ALBAWABA - A perception has hardened in the Middle East that after years of fruitless conflict and diplomacy, the Bashar Assad regime will remain intact going forward. Facing such a wretched conclusion, many regional states have decided to take tentative steps towards re-establishing ties with their decade-long foe.
From the outset of the Syrian war in 2011, relations between the Assad regime and other Arab states perished. Syria’s membership in the Arab League was suspended and sanctions were imposed. Shortly thereafter, many Gulf countries began arming rebel groups.
Whatever moral gloss Arab regimes gave to these decisions – namely, Assad’s terrible violence towards protests, which lacked credibility given many Arab leaders unleashed violence onto their own protesters that year – they came from practical considerations.
There was a strong sense that the regime was broken and could only hold on for so long.

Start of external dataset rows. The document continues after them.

// The lift of a vector to a list.
ghost use Rattle.std.specs.Prelude.{◌≡◌, ◌<◌, ◌≤◌, ◌++◌, IfOk, IfErr, IfNone, IfSome, OnOk, length};
ghost use Rattle.formal_sums.specs.FormalSums.{Each, FormalSum, HasRank};
ghost use Rattle.formal_sums.specs.Combinations.{IsMember, combination};
ghost use Rattle.term_lists.specs.Rings.{ring_comparison, variables};
ghost use Rattle.term_lists.specs.Vectors.{AreVectorsOver, HasPositions, IsVectorOver, StandsFor, sum_of, sums_of};
ghost use Rattle.vector_division.specs.Divisions.{DivisionStops, IsFreeOfLeads};
ghost use Rattle.risen_counts.specs.Counts.{RoseAtMost};
ghost use Rattle.groebner_iface.specs.Calls.{CallStops};
ghost use Rattle.syzygy_engine.specs.Lifts.{IsLiftOf, IsLiftTrail, RestStops};
ghost use Rattle.syzygy_engine.specs.Marking.{IsMarkedRun, position_ring};

use crate::lowering::{is_from, lowered_vector};
use crate::marked_runs::marked_basis;
use crate::marking::first_mark;
use groebner_iface::{Groebner, OpStop};
use module_vectors::{Ring, Vect, VectList, WorkStop, lawful_setting};
use monomial_orders::ModOrder;
use risen_counts::counted_times;
use std::alloc::Global;
use std::sync::Wait;
use std::thread::Threads;
use vector_division::{Reduction, divisors_from_last, reduce_by};

// What was left.
fn rest_of(reduction: Reduction) -> Vect
    ensures { result ≡ reduction.rest }
{
    reduction.rest
}

// What a division of u by the list leaves, where the last of its vectors are tried first.
fn rest_after(alloc: Global, ring: &Ring, u: &Vect, list: &VectList) -> Result<Vect, WorkStop>
    requires vector { IsVectorOver ring.now (ring_comparison ring.now) u.now }
    requires list { AreVectorsOver ring.now (ring_comparison ring.now) list.now }
    ensures rest { IfOk result (IsVectorOver ring.now (ring_comparison ring.now)) }
    ensures sum { let n = variables ring.now in IfOk result (λ rest. (a : FormalSum (variables ring.now)) × HasRank (length list.now) a
        × StandsFor ring.now u.now (combination (sums_of n list.now) a ++ sum_of n rest)) }
    ensures reduced { let n = variables ring.now in IfOk result (λ rest. IsFreeOfLeads (sums_of n list.now) (sum_of n rest)) }
    ensures stop { IfErr result (DivisionStops ring.now u.now list.now) }
{
    let divisors = divisors_from_last(alloc, list)?;
    match reduce_by(alloc, ring, u, list, &divisors) {
        Ok(reduction) => Ok(rest_of(reduction)),
        Err(stop) => Err(stop),
    }
}

// What a division of v by the list leaves, where v comes in another order.
fn rest_of_copy(
    alloc: Global,
    ring: &Ring,
    by_position: &Ring,
    v: &Vect,
    list: &VectList,
) -> Result<Vect, WorkStop>
    requires by_position { by_position.now ≡ position_ring ring.now }
    requires vector { IsVectorOver ring.now (ring_comparison ring.now) v.now }
    requires list { AreVectorsOver (position_ring ring.now) (ring_comparison (position_ring ring.now)) list.now }
    ensures rest { IfOk result (IsVectorOver (position_ring ring.now) (ring_comparison (position_ring ring.now))) }
    ensures sum { let n = variables ring.now in IfOk result (λ rest. (a : FormalSum (variables ring.now)) × HasRank (length list.now) a
        × StandsFor ring.now v.now (combination (sums_of n list.now) a ++ sum_of n rest)) }
    ensures reduced { let n = variables ring.now in IfOk result (λ rest. IsFreeOfLeads (sums_of n list.now) (sum_of n rest)) }
    ensures stop { IfErr result (RestStops ring.now v.now list.now) }
{
    let u = Vect::from_terms(alloc, by_position, v.try_copy(alloc)?.into_terms())?;
    match rest_after(alloc, by_position, &u, list) {
        Ok(rest) => Ok(rest),
        Err(stop) => Err(stop),
    }
}

// What a division of v by the list leaves, position over term.
fn rest_by_position(
    alloc: Global,
    ring: &Ring,
    by_position: &Ring,
    v: &Vect,
    list: &VectList,
) -> Result<Vect, WorkStop>
    requires by_position { by_position.now ≡ position_ring ring.now }
    requires vector { IsVectorOver ring.now (ring_comparison ring.now) v.now }
    requires list { AreVectorsOver (position_ring ring.now) (ring_comparison (position_ring ring.now)) list.now }
    ensures rest { IfOk result (IsVectorOver (position_ring ring.now) (ring_comparison (position_ring ring.now))) }
    ensures sum { let n = variables ring.now in IfOk result (λ rest. (a : FormalSum (variables ring.now)) × HasRank (length list.now) a
        × StandsFor ring.now v.now (combination (sums_of n list.now) a ++ sum_of n rest)) }
    ensures reduced { let n = variables ring.now in IfOk result (λ rest. IsFreeOfLeads (sums_of n list.now) (sum_of n rest)) }
    ensures stop { IfErr result (RestStops ring.now v.now list.now) }
{
    match ring.module_order {
        ModOrder::Pot => match rest_after(alloc, by_position, v, list) {
            Ok(rest) => Ok(rest),
            Err(stop) => Err(stop),
        },
        ModOrder::Top => rest_of_copy(alloc, ring, by_position, v, list),
    }
}

/// The lift of `v` to the list, vectors of this rank: the one list of cofactors by which `v` is the combination of the list,
/// and of which no lead of the reduced basis of the syzygies, position over term, divides a key (`one_lift`). The component
/// at position i is the cofactor of member i. `None` exactly where `v` is not in the module of the list (UAG chapter 5,
/// section 3).
///
/// `Pairs` and `Degree` are those of the run, which the engine counted and kept; `Trail` comes with a trail of the division
/// of `v` by the run's basis; `Memory` where there is none.
pub fn lift<R: Threads + Wait + Sync, B: Groebner>(
    rt: &R,
    alloc: Global,
    engine: &mut B,
    ring: &Ring,
    rank: u128,
    list: &VectList,
    v: &Vect,
) -> Result<Option<Vect>, OpStop>
    requires vectors { AreVectorsOver ring.now (ring_comparison ring.now) list.now }
    requires positions { Each (HasPositions rank) list.now }
    requires vector { IsVectorOver ring.now (ring_comparison ring.now) v.now }
    requires vector_positions { HasPositions rank v.now }
    requires room { rank < 9223372036854775808 }
    ensures lift { IfOk result (λ answer. IfSome answer (IsLiftOf ring.now list.now v.now)) }
    ensures cofactors { IfOk result (λ answer. IfSome answer (IsVectorOver ring.now (ring_comparison ring.now))) }
    ensures positions { IfOk result (λ answer. IfSome answer (HasPositions (length list.now))) }
    ensures none { let n = variables ring.now in
        IfOk result (λ answer. IfNone answer (IsMember ring.now.modulus.value (sums_of n list.now) (sum_of n v.now) → ⊥)) }
    ensures same { OnOk result ((B.stops engine.new ≡ B.stops engine.old) × (B.stopped engine.new ≡ B.stopped engine.old)) }
    ensures stop { IfErr result (CallStops (IsMarkedRun ring.now rank list.now) (IsLiftTrail ring.now rank list.now v.now)
        (B.stops engine.old) (B.stops engine.new) (B.stopped engine.old) (B.stopped engine.new)) }
    ensures later { B.stops engine.old ≤ B.stops engine.new }
    ensures runs { RoseAtMost 1 (B.runs engine.old) (B.runs engine.new) }
    ensures settings { B.settings engine.new ≡ B.settings engine.old }
{
    counted_times();
    lawful_setting(ring);
    let (by_position, basis) = marked_basis(rt, alloc, engine, ring, rank, list)?;
    let rest = match rest_by_position(alloc, ring, &by_position, v, &basis) {
        Ok(rest) => rest,
        Err(stop) => return Err(OpStop::from(stop)),
    };
    let mark = first_mark(rank);
    if !is_from(&rest, mark) {
        return Ok(None);
    }
    let mut cofactors = lowered_vector(alloc, ring, rest, mark)?;
    cofactors.scale(ring, ring.modulus.neg(1));
    Ok(Some(cofactors))
}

This prospect was then sunk by the ruthless intervention of Russian airpower, supported by Iran.
Although the country remains plagued by insecurity and sporadic conflict, the reconsolidation of the Assad regime is undeniable. Many Arab leaders believe that as Syria’s continued isolation serves no interest, it is necessary to welcome it back into the Arab fold.
Rolling back Iranian power in Syria is a key consideration of Arab states, whose anxieties have only been heightened by its increasing penetration of the country since Russia’s invasion of Ukraine.
They also want to clean up the risks posed by its ongoing instability to the wider region. With Syria no longer a core interest for Washington, fears abound about the revival of groups like ISIS once U.S. counter-terrorism operations abruptly withdraw, as predicted by Afghanistan. Therefore, the prospect of full normalization between Arab states appears irresistible.
Last June, Bahrain named its first full diplomatic mission to Syria in over a decade. Then in July, Algeria’s top diplomat revealed during a visit to Damascus that his government, alongside other Arab governments, was seeking to restore Syria’s Arab League membership.
Assad also had a call with Jordan’s King Abdullah II in October 2021.
Then in the first few days of 2023, the UAE’s foreign minister met with Assad to continue the thawing process between the two countries via economic cooperation. It came 10 months after Assad marked his first trip to a foreign country, aside from Russia and Iran, in the United Arab Emirates– which led the charge of Arab re-engagement with Assad by reopening its embassy in Syria in 2018.
These developments have been bitterly denounced by many who deem them a damaging blow to efforts seeking political change and justice in Syria.
Nonetheless, such critics might find solace in the fact that the far-reaching constraints of the Caesar Act’s sanctions on Syria have ensured that Arab re-engagement with Assad has amounted to little yet, nor has it yielded any material benefits to those, like the UAE, who have pioneered such efforts.
The full restoration of ties remains an aspiration rather than a reality for now.
Turkey is also showing signs of softening its hostilities towards Syria after a decade of supporting opposition to the Assad regime. In a striking shift in MENA geopolitics, top Turkish and Syrian defense and security officials held their first public meeting in more than a decade.
Frustrated by Washington’s unyielding assistance to the People's Defense Units (YPG), whom Turkey views as connected to its bloody rival, the Kurdistan Workers' Party (PKK), President Erdogan is seeking new partners to help dislodge the Kurdish presence in northern Syria.
Easing relations between Ankara and Damascus poses particular anxiety for the 4 million Syrian refugees who have taken shelter in Turkey since 2011.
These developments have created major headaches in the West.
The West’s legacy in Syria has been defined by the failure of the United Kingdom's government to win support for military intervention which, in turn, melted the resolve of the Obama administration to enforce its "red lines" against Assad alone.
After a decade of watching Syria crushed by, in part, the consequences of its indecision, the justification of Western sanctions against Assad is increasingly under fire.
Arguments citing the futility of sanctions to win concessions from Assad or any meaningful change are growing.
The prospect of normalizing relations with Assad after his unchecked violence and war crimes is disturbing, but, the argument proceeds, and so is the collective poverty of the Syrian people at the end of the country's darkest decade.
Citing this humanitarian rationalize, analogies are being made to Madeleine Albright’s jarring response to the question of sanctions on Saddam Hussein’s regime (following his invasion of Kuwait) which led to the deaths of half a million Iraqi children: “This is a very hard choice, but we think the price is worth it.”
It is unsurprising that the Biden administration is no longer actively at work to stop countries from engaging with Assad.
The realpolitik approach touted by Arab states, it seems, is slowly swaying the attitude of Washington. This does not mean that normalization will be anytime soon; simply that sanctions now look less likely to continue indefinitely against Syria.
Syria’s slow revival on the regional stage serves up the lesson that since the end of American hegemony in the Middle East, the use of violence by regimes reaps great reward and only temporary international risk.